§ **PROBLEM DETAILS**
Using the records below, give the number of lines where the word "elevation" appears, with no further output.

┄┄┄┄┄┄┄┄┄┄

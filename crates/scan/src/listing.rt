// Line numbers as text.
use scanning::next_run;
use std::fmt;

// The numbers of the lines that are not marked, compactly: `3, 17-19`, or `none`.
#[derive(Drop)]
pub struct Unmarked<'a>(pub &'a [bool]);

impl fmt::Display for Unmarked<'_> {
    fn fmt<W: fmt::Write>(&self, f: &mut fmt::Formatter<W>) -> fmt::Result {
        let mut from = 0;
        while let Some(lines) = next_run(self.0, from) {
            if from > 0 {
                write!(f, ", ")?;
            }
            write!(f, "{lines}")?;
            from = lines.last + 1;
        }
        if from == 0 { write!(f, "none") } else { Ok(()) }
    }
}
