// The query stands beside the set, since one set answers many. That a number is below m is asked as of any index.
impl<'r, 'd, 't> Measurements<'r, 'd, 't> {
    // Entry j of measurement k.
    // j is a place in the row of six that C reads: an index, and no kind.
    fn entry_at(&self, k: usize, j: usize) -> Entry
        requires { (j ≤ 5)
            × (k < self.now.filters.responses.m) }
        ensures { result ≡ entry_in self.now.filters.responses.m (Blend.entry self.now.neighbours.now k j) }
    {
        entry_of(self.filters.responses.m, self.neighbours[6 * k + j])
    }

    // Measurement k beside the closest so far: it wins where it is strictly closer.
    fn closer(&self, position: Point3, best: Option<Near>, k: usize) -> Option<Near>
        requires { k < self.now.filters.responses.m }
        ensures { result ≡ closer_of (distance_of self.now.cartesian.now position) best k }
    {
        let d = distance(self.cartesian, k, position);
        if d < limit(best) {
            return Some(Near {
                number: k,
                distance: d,
            });
        }
        best
    }

    // An entry beside the closest so far. Where no measurement is met the closest stays; a bad entry leaves.
    fn meet(&self, position: Point3, best: Option<Near>, e: Entry) -> Result<Option<Near>, BadEntry>
        requires { bad_beyond self.now.filters.responses.m e ≡ e }
        ensures { result ≡ met_if (good e) (Blend.beside (distance_of self.now.cartesian.now position) best e) }
    {
        match e {
            Entry::Absent => Ok(best),
            Entry::Measured(k) => Ok(self.closer(position, best, k)),
            Entry::Bad => Err(BadEntry),
        }
    }

    // The closer of entries j and j + 1 of measurement k, the first on a tie.
    fn closer_neighbor(
        &self,
        position: Point3,
        k: usize,
        j: usize,
    ) -> Result<Option<Near>, BadEntry>
        requires { (j ≤ 4)
            × (k < self.now.filters.responses.m) }
        ensures { result ≡ met_if (Blend.known self.now.filters.responses.m (Blend.entry self.now.neighbours.now k j)
            && Blend.known self.now.filters.responses.m (Blend.entry self.now.neighbours.now k (j + 1)))
            (closest_of (distance_of self.now.cartesian.now position) (Blend.entry self.now.neighbours.now k j)
            (Blend.entry self.now.neighbours.now k (j + 1))) }
    {
        let a = self.entry_at(k, j);
        let first = self.meet(position, None, a)?;
        let b = self.entry_at(k, j + 1);
        self.meet(position, first, b)
    }

    // The points to blend, d being the distance to the nearest.
    fn gather(&self, position: Point3, nearest: usize, d: f32) -> Result<Points, BadEntry>
        requires { (nearest < self.now.filters.responses.m)
            × (d ≡ distance_of self.now.cartesian.now position nearest) }
        ensures { Gathers self.now.filters.responses.m
            (all_known self.now.filters.responses.m (neighbors_of self.now.neighbours.now nearest))
            (points_of (distance_of self.now.cartesian.now position) (neighbors_of self.now.neighbours.now nearest) nearest) result }
    {
        let azimuth = self.closer_neighbor(position, nearest, 0)?;
        let elevation = self.closer_neighbor(position, nearest, 2)?;
        let radius = self.closer_neighbor(position, nearest, 4)?;
        let first = Share {
            number: nearest,
            weight: 1.0 / d,
        };
        let p = Points {
            count: 1,
            a: first,
            b: first,
            c: first,
            d: first,
        };
        let p1 = add_closer_neighbor(p, azimuth);
        let p2 = add_closer_neighbor(p1, elevation);
        Ok(add_closer_neighbor(p2, radius))
    }

    // The filter at a query whose nearest measurement is given. A neighbour entry that is neither absent nor a measurement refuses 9.
    pub fn interpolate(
        &self,
        nearest: usize,
        position: Point3,
        left: &mut [f32],
        right: &mut [f32],
    ) -> Outcome
        requires { nearest < self.now.filters.responses.m }
        ensures { filter_of result left.new right.new
            ≡ interpolate_of self.now.filters.responses.m self.now.filters.responses.r self.now.filters.responses.n
            self.now.filters.responses.taps.now self.now.filters.delays.now self.now.filters.rate (length left.old) (length right.old)
            self.now.cartesian.now self.now.neighbours.now position nearest }
    {
        let filters = self.filters;
        let d = distance(self.cartesian, nearest, position);
        if d < 1e-6 {
            return filters.get_filter_nointerp(nearest, left, right);
        }
        let Ok(p) = self.gather(position, nearest, d) else {
            return refuse_by(Refusal::BadLink, left, right);
        };
        let sum = total(p);
        if sum < 1e-10 {
            return filters.get_filter_nointerp(nearest, left, right);
        }
        filters.blend(divided(p, sum), left, right)
    }
}
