//! The tokens of a line.

ghost use Rattle.std.specs.Prelude.{◌≡◌, ◌≤◌, ◌<◌, List, length, drop, map, nat_eq, find};
ghost use Rattle.std.specs.Prelude.{option_map, IfSome, IfNone, IfOk, IsTrue, slice_index};
ghost use Rattle.std.specs.List.{prefix_len, starts_with};
ghost use Rattle.std.specs.Option.{option_map_or};
ghost use Rattle.std.specs.Str.{IsAscii};
ghost use Rattle.std.specs.Str.Parse.{digits_value};
ghost use Rattle.text_line.specs.Blanks.{skip_blanks};
ghost use Rattle.text_line.specs.Token.{Token as AnyToken, number as Number, symbol as Symbol};
ghost use Rattle.text_line.specs.Token.{value_of, is_name_start, is_hex_digit, is_over, IsTokens};
ghost use Rattle.text_line.specs.inside.Tokens.{symbol_at, name_at, number_at, token_at, run};
ghost use Rattle.text_line.specs.inside.Shown.{shown, shown_front, shown_tokens};
ghost use Rattle.text_line.specs.inside.Class.{in_class, IsDigits};

use crate::blanks::is_blank;
use std::alloc::{AllocError, Global};

/// A token of a line. Names and symbols are borrowed from the line.
#[derive(Clone, Copy, Debug)]
pub(crate) enum Token<'a> {
    /// A letter or `_`, and the letters, digits and `_` after it.
    Name(&'a str),
    /// The value of a number, whose sign is a symbol before it; `None` from 2 ^ 64 on.
    Number(Option<u64>),
    /// One of `SYMBOLS`.
    Symbol(&'a str),
}

/// The symbols, the longer ones first: so the first one with which a text begins is the longest.
const SYMBOLS: [&str; 31] = [
    "s>>=", "s/=", "s%=", "s>=", "s<=", "<<=", ">>=", "s>", "s<", "+=", "-=", "*=", "/=", "|=",
    "&=", "%=", "^=", "==", ">=", "!=", "<=", "=", ">", "<", "&", "+", "-", "*", "(", ")", ":",
];

/// The length, in bytes, of the longest symbol with which the text begins, as 3 for `<<=1`; 0 if it begins with none (no symbol is empty).
/// `SYMBOLS` has the longer symbols first, so the first one with which the text begins is the longest. `value`: the definition `symbol_at`
/// finds this symbol. At this length, at most the text's (`bound`), `symbol` splits the text.
#[tactic(auto, unfolding(crate::specs::inside::Tokens::symbol_at))]
fn symbol_len(text: &[u8]) -> usize
    ensures bound { result ≤ length text.now }
    ensures value { result ≡ option_map_or length (symbol_at text.now) 0 }
{
    first_len(text, &SYMBOLS)
}

/// The length in bytes of the first symbol of `symbols` with which `text` begins; 0 if it begins with none of them. The caller's list,
/// `SYMBOLS`, has the longer ones first, so of its symbols this is the longest.
fn first_len(text: &[u8], symbols: &[&str]) -> usize
    ensures bound { result ≤ length text.now }
    ensures value { result ≡ option_map_or length
        (find (λ s. starts_with nat_eq text.now s) (map (λ s. s.now) symbols.now)) 0 }
{
    for symbol in symbols {
        if text.starts_with(symbol.as_bytes()) {
            return symbol.len();
        }
    }
    0
}

/// Classes of bytes: blanks, the bytes of a name after its first, decimal digits, and hexadecimal ones.
#[derive(Clone, Copy, Debug)]
enum ByteClass {
    Blank,
    Name,
    Digit,
    HexDigit,
}

impl ByteClass {
    ghost use Rattle.text_line.specs.inside.Class.{in_class};

    /// Whether the byte is of this class. `Blank`: a space, a tab or a carriage return. `Name`: a letter of ASCII, `_` or a decimal digit,
    /// as a name may have after its first byte. `Digit`: a decimal digit. `HexDigit`: a hexadecimal digit, in upper or lower case.
    fn contains(self, byte: u8) -> bool
        ensures { result ≡ in_class self byte }
    {
        match self {
            ByteClass::Blank => is_blank(byte),
            ByteClass::Name => is_name_start(byte) || byte.is_ascii_digit(),
            ByteClass::Digit => byte.is_ascii_digit(),
            ByteClass::HexDigit => is_hex_digit(byte),
        }
    }

    /// How many bytes `text` has before its first byte that is not of this class; its length if all are of the class.
    fn run_len(self, text: &[u8]) -> usize
        ensures value { result ≡ prefix_len (in_class self) text.now }
        ensures bound { result ≤ length text.now }
    {
        let mut len = 0;
        while len < text.len() && self.contains(text[len]) {
            len += 1;
        }
        len
    }
}

/// Whether a name can begin with the byte: an ASCII letter or `_`. After its first byte a name can have digits too.
fn is_name_start(byte: u8) -> bool
    ensures { result ≡ is_name_start byte }
{
    byte.is_ascii_alphabetic() || byte == b'_'
}

/// Whether the byte is a hexadecimal digit, in either case: `A` to `F` are 65 to 70, `a` to `f` 97 to 102.
fn is_hex_digit(byte: u8) -> bool
    ensures { result ≡ is_hex_digit byte }
{
    byte.is_ascii_digit() || (byte > 64 && byte < 71) || (byte > 96 && byte < 103)
}

/// The byte at `index` of `text`; the byte 0 if `index` is past the end. So `name` and `number` can test the first bytes of a text of any
/// length: the byte 0 begins no name, and is no digit and no `x`.
fn byte_at(text: &[u8], index: usize) -> u8
    ensures { result ≡ slice_index text.now index }
{
    if index < text.len() { text[index] } else { 0 }
}

/// The text without the blanks at its front: spaces, tabs and carriage returns. The text is ASCII, as `tokens` has checked, so it can be
/// split at any byte; the result is ASCII too (`ascii`). By `bound` the result is not longer than the text: each token makes the text
/// shorter, so `tokens` terminates.
fn after_blanks(text: &str) -> &str
    requires { IsAscii text.now }
    ensures value { result.now ≡ skip_blanks text.now }
    ensures ascii { IsAscii result.now }
    ensures bound { length result.now ≤ length text.now }
{
    let (_, rest) = text.split_at(ByteClass::Blank.run_len(text.as_bytes()));
    rest
}

/// The longest of `SYMBOLS` (such as `+=`, `s>` or `(`) with which `text` begins, as a token, and the text after it; `None` if `text`
/// begins with none. The text after a symbol is ASCII (`ascii`) and shorter than `text` (`shorter`), since no symbol is empty: so the loop
/// of `tokens` ends. `text` is ASCII, as `tokens` has checked, so it can be split at any byte.
fn symbol(text: &str) -> Option<(Token<'_>, &str)>
    requires { IsAscii text.now }
    ensures value { shown_front result ≡ option_map
        (λ s. (Symbol s, drop (length s) text.now)) (symbol_at text.now) }
    ensures ascii { IfSome result (λ r. IsAscii r.1.now) }
    ensures shorter { IfSome result (λ r. length r.1.now < length text.now) }
{
    let len = symbol_len(text.as_bytes());
    if len == 0 {
        return None;
    }
    let (symbol, rest) = text.split_at(len);
    Some((Token::Symbol(symbol), rest))
}

/// The name at the front, a letter or `_` and the letters, digits and `_` after it, as a token, and the text after it (`value`). All words
/// of a line are names: registers, mnemonics, sizes and labels, as `r1`, `goto`, `u8` or `out`. `None` if the text does not begin with a
/// letter or `_`. The text is ASCII, as `tokens` has checked, so it can be split at any byte. The text after the name is ASCII too
/// (`ascii`), and shorter (`shorter`), so that the loop of `tokens` ends.
#[tactic(auto, unfolding(crate::specs::inside::Tokens::name_at))]
fn name(text: &str) -> Option<(Token<'_>, &str)>
    requires { IsAscii text.now }
    ensures value { shown_front result ≡ name_at text.now }
    ensures ascii { IfSome result (λ r. IsAscii r.1.now) }
    ensures shorter { IfSome result (λ r. length r.1.now < length text.now) }
{
    let bytes = text.as_bytes();
    if !is_name_start(byte_at(bytes, 0)) {
        return None;
    }
    let (name, rest) = text.split_at(ByteClass::Name.run_len(bytes));
    Some((Token::Name(name), rest))
}

/// The number at the front, decimal, or hexadecimal after `0x`, and the text after it (`value`; `number_at` is the definition). The result
/// is `None` if no digit is at the front; the value in the token is `None` from 2^64 on. If no hexadecimal digit follows `0x`, the number
/// is 0, and the text after it begins with the `x`. The text is ASCII, as `tokens` has checked, so it can be split at any byte. The text
/// after the number is ASCII too (`ascii`), and shorter (`shorter`), so the loop of `tokens` ends.
#[tactic(auto, unfolding(crate::specs::inside::Tokens::number_at))]
fn number(text: &str) -> Option<(Token<'_>, &str)>
    requires { IsAscii text.now }
    ensures value { shown_front result ≡ number_at text.now }
    ensures ascii { IfSome result (λ r. IsAscii r.1.now) }
    ensures shorter { IfSome result (λ r. length r.1.now < length text.now) }
{
    let bytes = text.as_bytes();
    let first = byte_at(bytes, 0);
    if first == b'0' && byte_at(bytes, 1) == b'x' && is_hex_digit(byte_at(bytes, 2)) {
        let (_, digits) = text.split_at(2);
        return Some(value(digits, ByteClass::HexDigit, 16));
    }
    if first.is_ascii_digit() {
        return Some(value(text, ByteClass::Digit, 10));
    }
    None
}

/// The number at the front, and the text after it (`rest`). Its digits are all bytes at the front that are of this class, which is `Digit`
/// with radix 10 or `HexDigit` with radix 16 (`digits`). The caller has seen that the first byte is a digit (`first`), so the text after
/// the number is shorter (`shorter`). The value in the token is that of the digits, or `None` from 2 ^ 64 on (`value`). The text is ASCII,
/// as `tokens` has checked, so it can be split at any byte, and the text after the number is ASCII too (`ascii`).
fn value(text: &str, class: ByteClass, radix: u32) -> (Token<'_>, &str)
    requires ascii { IsAscii text.now }
    requires digits { IsDigits class radix }
    requires first { IsTrue (in_class class (slice_index text.now 0)) }
    ensures value { shown result.0 ≡ Number
        (value_of (digits_value radix (run (in_class class) text.now))) }
    ensures rest { result.1.now ≡ drop (prefix_len (in_class class) text.now) text.now }
    ensures ascii { IsAscii result.1.now }
    ensures shorter { length result.1.now < length text.now }
{
    let (digits, rest) = text.split_at(class.run_len(text.as_bytes()));
    (Token::Number(u64::from_str_radix(digits, radix).ok()), rest)
}

/// The longest token at the front of the text, and the text after it; `None` if no token begins there. `value`: `token_at` defines the
/// result. Blanks are not skipped. Symbols are tried first: a text that begins with `s>=` also begins with the name `s`, which is shorter.
/// The text is ASCII, as `tokens` has checked, and so is the text after the token (`ascii`), which `tokens` gives to the next call. That
/// text is shorter (`shorter`), so the loop of `tokens` ends.
#[tactic(auto, unfolding(crate::specs::inside::Tokens::token_at))]
fn first_token(text: &str) -> Option<(Token<'_>, &str)>
    requires { IsAscii text.now }
    ensures value { shown_front result ≡ token_at text.now }
    ensures ascii { IfSome result (λ r. IsAscii r.1.now) }
    ensures shorter { IfSome result (λ r. length r.1.now < length text.now) }
{
    if let Some(found) = symbol(text) {
        return Some(found);
    }
    if let Some(found) = name(text) {
        return Some(found);
    }
    number(text)
}

/// Whether a line has no more tokens: `text`, the rest of the line, is empty, or it is a comment, which begins with `//`. `tokens` asks
/// this after it has removed the blanks at the front (`after_blanks`); the contract does not require that, and a blank at the front gives
/// false.
fn is_over(text: &[u8]) -> bool
    ensures { result ≡ is_over text.now }
{
    text.is_empty() || text.starts_with(b"//")
}

/// The tokens of a line, in order, each the longest with which the rest of the line begins; blanks and the comment, from `//` on, are no
/// tokens. `None` if something before the comment is no token, or a byte of the line is not ASCII, also in the comment. `found`: the tokens
/// that are returned are those that the definition `IsTokens` gives the line. `none`: if `None` is returned, the line has no tokens by that
/// definition, not even an empty list. `AllocError`: out of memory.
pub(crate) fn tokens<'a>(alloc: Global, line: &'a str) -> Result<Option<Vec<Token<'a>>>, AllocError>
    ensures found { IfOk result (λ o. IfSome o (λ ts. IsTokens line.now (shown_tokens ts.items))) }
    ensures none { IfOk result (λ o. IfNone o ((ts : List AnyToken) → ¬ IsTokens line.now ts)) }
{
    if !line.is_ascii() {
        return Ok(None);
    }
    let mut tokens = Vec::new(alloc);
    let mut rest = line;
    loop {
        let text = after_blanks(rest);
        if is_over(text.as_bytes()) {
            return Ok(Some(tokens));
        }
        let Some((token, after)) = first_token(text) else {
            return Ok(None);
        };
        tokens.push(token)?;
        rest = after;
    }
}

┄┄┄┄┄┄┄┄┄┄

§ **RESPONSE AREA**
2